Hay casos en los que el nivel de la película excusa sus infidelidades a la historia: en La reina Cristina de Suecia, sin ir más lejos, todo reproche se vuelve ocioso al ver a Greta Garbo. Pero son los menos. Y han menguado todavía más conforme una cierta forma de abordar las biografías, lindante con lo telefilmero, se ha impuesto en las películas que podemos considerar cebos para los Oscar. 

Algunos ejemplos de esto están cargados de premios: por ejemplo, a Una mente maravillosa se la ha señalado por las libertades que se tomó con la vida de John Nash (Russell Crowe). Otros trataron de llevarse estatuillas y fracasaron como The Imitation Game, filme de 2014 que le hizo un flaco favor tanto a la memoria de Alan Turing (Benedict Cumberbatch) como a la de su compañera Joan Clarke (Keira Knightley), convirtiendo al primero en caricatura y minimizando los logros de la segunda.

Pero, con Oscar o sin ellos, lo más irritante de estos biopics es su forma de aprovechar vidas reales para ofrecer historias de superación o presentar puntos morales de manera simplona. Bastante compleja es la vida de un ser humano como para tratar de encasillarla en esos parámetros por el bien de un relato... o de la taquilla. Hay que tener unos redaños como los de Paul Schrader en Mishima (1985) para no caer en esta trampa. 

¿Existe una solución?

A estas alturas, cabe preguntarse si hay películas históricas que se libren de la infidelidad o la manipulación. Y la respuesta más obvia es "ninguna", a no ser que el filme sea una sucesión de tableaux vivants dedicados a poner en escena una historia real con el mínimo artificio. O ni eso: por mucho que Rossellini se empeñara en mantener la ilusión de objetividad en La prise de pouvoir par Louis XIV, su obra maestra sobre el Rey Sol sigue siendo una narración, con todo lo que eso conlleva.

No hay que irse por los cerros de la posmodernidad para saber que, en la vida real, la sucesión causa-efecto de los hechos es muchas veces ilusoria, o al menos relativa, sin mucho que ver con el orden necesario para contar una historia de manera que el público pueda seguirla sin haberse empollado antes una bibliografía. 

Partiendo de esto, se puede mandar a la papelera al cine histórico como género, asumiendo que nunca será lo bastante fiel.
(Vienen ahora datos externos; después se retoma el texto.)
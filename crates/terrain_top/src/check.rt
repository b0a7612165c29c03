// The command `check`.
ghost use Rattle.std.specs.Prelude.{◌≡◌, ◌≤◌, IfOk, Some, true};
ghost use Rattle.terrain_base.specs.Step.{Files};
ghost use Rattle.database.specs.State.{State};
ghost use Rattle.db_engine.specs.Holding.{HoldsState};
ghost use Rattle.top_reply.specs.Check.{IsChecked, check_reply, status_of_verdict};
ghost use Rattle.top_reply.specs.Course.{Course};
ghost use Rattle.terrain_top.specs.Effects.{OnlyMemory, OnStore};
ghost use Rattle.terrain_top.specs.Says.{Says, status_at};
ghost use Rattle.terrain_top.specs.Turns.{TurnOf};

use crate::answer::{Answer, Ending};
use crate::engine_answer::answer_of;
use db_check::{CheckVerdict, check};
use db_engine::Opened;
use db_report::check_line;
use std::alloc::Global;
use terrain_base::{Store, Work};
use top_reply::Stop;

// How a check ended.
fn ending_of(verdict: &CheckVerdict) -> Ending
    ensures { status_at result ≡ status_of_verdict verdict.now }
{
    match verdict {
        CheckVerdict::Good { .. } => Ending::Done,
        CheckVerdict::Found { .. } => Ending::Found,
    }
}

// What a check came to.
fn tell(alloc: Global, verdict: &CheckVerdict) -> Result<Answer, Stop>
    ensures says { IfOk result (Says (check_reply verdict.now)) }
    ensures memory { OnlyMemory result }
{
    let line = check_line(alloc, verdict)?;
    let text = format!(in alloc; "{line}\n")?;
    Ok(Answer {
        ending: ending_of(verdict),
        text: text.into_bytes(),
    })
}

/// Compares every file of a database with one that is made anew, and says which is the least that is another, missing
/// or too much.
pub(crate) fn answer_to_check<St: Store>(
    alloc: Global,
    store: &mut St,
    opened: &Opened,
    work: &mut Work,
) -> Result<Answer, Stop>
    requires { opened.now.live ≡ true }
    ensures goes { (s : State) (files : Files) (course : Course) → HoldsState (St.holds store.old) opened.now s
        → St.holds store.old ≡ Some files → IsChecked s files course
        → TurnOf course (St.holds store.old) (St.holds store.new) (St.log store.old) (St.log store.new) work.old
        work.new result }
    ensures store { OnStore (St.faults store.old) (St.faults store.new) result }
    ensures more { work.old ≤ work.new }
{
    match check(alloc, store, opened, work) {
        Ok(verdict) => tell(alloc, &verdict),
        Err(answer) => answer_of(alloc, &answer),
    }
}
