//! The call that does all that the program does: words come in, a status and a report go out.
#![tactic(auto)]

mod answer;
mod audit;
mod cell;
mod change;
mod check;
mod convert;
mod database_command;
mod edit;
mod engine_answer;
mod file;
mod migrate;
mod print;
mod query;
mod script;
mod status;
mod top;
mod trial;

pub use top::run;
pub use top_reply::Status;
O se pueden encontrar parámetros capaces de equilibrar las necesidades narrativas con el respeto al espectador, asumiendo que este puede conocer y juzgar la disparidad entre lo que ocurrió y lo que ve en la cinta.   

Sin ir más lejos, cualquiera que haya leído sobre la vida de Mozart sabe que la premisa de Amadeus (1984, ocho Oscar) es un mito inventado por Pushkin y después recogido por el dramaturgo Peter Shaffer. Pero la historia de talento e inquina entre el músico (Tom Hulce) y Salieri (F. Murray Abraham) funciona en la pantalla, y podemos considerar su plasmación como una buena película por mucho que ambos se llevaran bien (hasta donde sabemos) en la realidad.
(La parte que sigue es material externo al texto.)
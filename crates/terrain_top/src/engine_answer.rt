// Answers of the engine in place of Ok.
ghost use Rattle.std.specs.Prelude.{◌≡◌, ◌⊎◌, IfErr, IfOk};
ghost use Rattle.database.specs.declared.answer.EngineAnswer.TheVariants as engine;
ghost use Rattle.terrain_top.specs.Effects.{StopsBy};
ghost use Rattle.terrain_top.specs.Says.{IsPlain, IsTold};

use crate::answer::{Answer, refused};
use database::EngineAnswer;
use db_report::refusal_text;
use std::alloc::Global;
use top_reply::Stop;

// The stop that an answer is which refuses nothing.
fn stop_of(answer: &EngineAnswer) -> Stop
    ensures { StopsBy answer.now result }
{
    match answer {
        EngineAnswer::StoreFault => Stop::Store,
        _ => Stop::NoMemory,
    }
}

/// What an answer in place of Ok comes to: a refusal, or a stop by the store or for want of memory.
pub(crate) fn answer_of(alloc: Global, answer: &EngineAnswer) -> Result<Answer, Stop>
    ensures says { IfOk result (IsTold answer.now) }
    ensures plain { IfOk result IsPlain }
    ensures stops { IfErr result (StopsBy answer.now) }
{
    match refusal_text(alloc, answer)? {
        Some(cause) => refused(alloc, &cause),
        None => Err(stop_of(answer)),
    }
}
Otra posibilidad es abordar episodios históricos a través de figuras imaginarias, esforzándose por recrear el ambiente y la mentalidad de una época, ya que no sus hechos. Ahí está Master and Commander (2013), una de las mejores películas que pueden verse sobre la guerra naval en el siglo XIX, por mucho que los personajes de Russell Crowe y Paul Bettany sean creaciones del escritor Patrick O'Brian.  
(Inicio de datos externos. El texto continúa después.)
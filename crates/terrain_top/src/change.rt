// The commands that make a database, or make it anew.
ghost use Rattle.std.specs.Prelude.{◌≡◌, ◌≤◌, true, IfOk, Some};
ghost use Rattle.terrain_base.specs.Step.{Files};
ghost use Rattle.database.specs.State.{State};
ghost use Rattle.db_engine.specs.Holding.{HoldsState};
ghost use Rattle.top_reply.specs.Database.{init_course, rebuilt_course};
ghost use Rattle.terrain_top.specs.EditGoes.{tiles_of};
ghost use Rattle.terrain_top.specs.Effects.{OnlyMemory, OnStore};
ghost use Rattle.terrain_top.specs.Says.{IsPlain};
ghost use Rattle.terrain_top.specs.Turns.{TurnOf};

use crate::answer::{Answer, done};
use crate::engine_answer::answer_of;
use availability::tile_count;
use db_engine::{Opened, init, rebuild};
use db_report::{created_line, rebuilt_line};
use std::alloc::Global;
use terrain_base::{Params, Store, Work};
use top_reply::Stop;

/// How many tiles an opened database has.
pub(crate) fn tiles_in(alloc: Global, opened: &Opened) -> Result<u64, Stop>
    ensures count { IfOk result (λ tiles. tiles ≡ tiles_of opened.now) }
    ensures memory { OnlyMemory result }
{
    Ok(tile_count(alloc, opened.summaries(), opened.params().cap())?)
}

/// Makes a database without cells.
pub(crate) fn answer_to_init<St: Store>(
    alloc: Global,
    store: &mut St,
    params: Params,
    work: &mut Work,
) -> Result<Answer, Stop>
    ensures goes { (files : Files) → St.holds store.old ≡ Some files
        → TurnOf (init_course params files) (St.holds store.old) (St.holds store.new) (St.log store.old)
        (St.log store.new) work.old work.new result }
    ensures plain { IfOk result IsPlain }
    ensures store { OnStore (St.faults store.old) (St.faults store.new) result }
    ensures more { work.old ≤ work.new }
{
    match init(alloc, store, params, work) {
        Ok(_opened) => {
            let line = created_line(alloc, params)?;
            done(alloc, &line)
        }
        Err(answer) => answer_of(alloc, &answer),
    }
}

/// Makes every file of a database anew.
pub(crate) fn answer_to_rebuild<St: Store>(
    alloc: Global,
    store: &mut St,
    opened: &mut Opened,
    work: &mut Work,
) -> Result<Answer, Stop>
    requires { opened.old.live ≡ true }
    ensures goes { (s : State) (files : Files) → HoldsState (St.holds store.old) opened.old s
        → St.holds store.old ≡ Some files
        → TurnOf (rebuilt_course s files) (St.holds store.old) (St.holds store.new) (St.log store.old)
        (St.log store.new) work.old work.new result }
    ensures plain { IfOk result IsPlain }
    ensures store { OnStore (St.faults store.old) (St.faults store.new) result }
    ensures more { work.old ≤ work.new }
{
    match rebuild(alloc, store, opened, work) {
        Ok(()) => {
            let tiles = tiles_in(alloc, opened)?;
            let line = rebuilt_line(alloc, tiles)?;
            done(alloc, &line)
        }
        Err(answer) => answer_of(alloc, &answer),
    }
}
Y se nos ocurre también un tercer camino, solo a la altura de los muy cafeteros: optar, como Tarkovsky en Andréi Rublev (1966), por imaginar la vida de un personaje auténtico del que apenas se sabe nada, tratando de encontrar una explicación a por qué fue quien fue e hizo lo que hizo.

Bien mediante estos sistemas, bien mediante una suma de los tres, el cine histórico nos ha dado obras maestras como El gatopardo, Lo que queda del día o Salvar al soldado Ryan. Incluso Ridley Scott ha sabido aplicarlas a veces, como demuestra la muy notable El último duelo.  

Pero la responsabilidad última de juzgar una película de época nos corresponde solo a nosotros. Y, para desempeñarla en condiciones, necesitamos recordar algo: la ficción histórica y la documentación de hechos reales son cosas diferentes, que deben ser abordadas de maneras distintas. Para todo lo demás, ahí están las bibliotecas.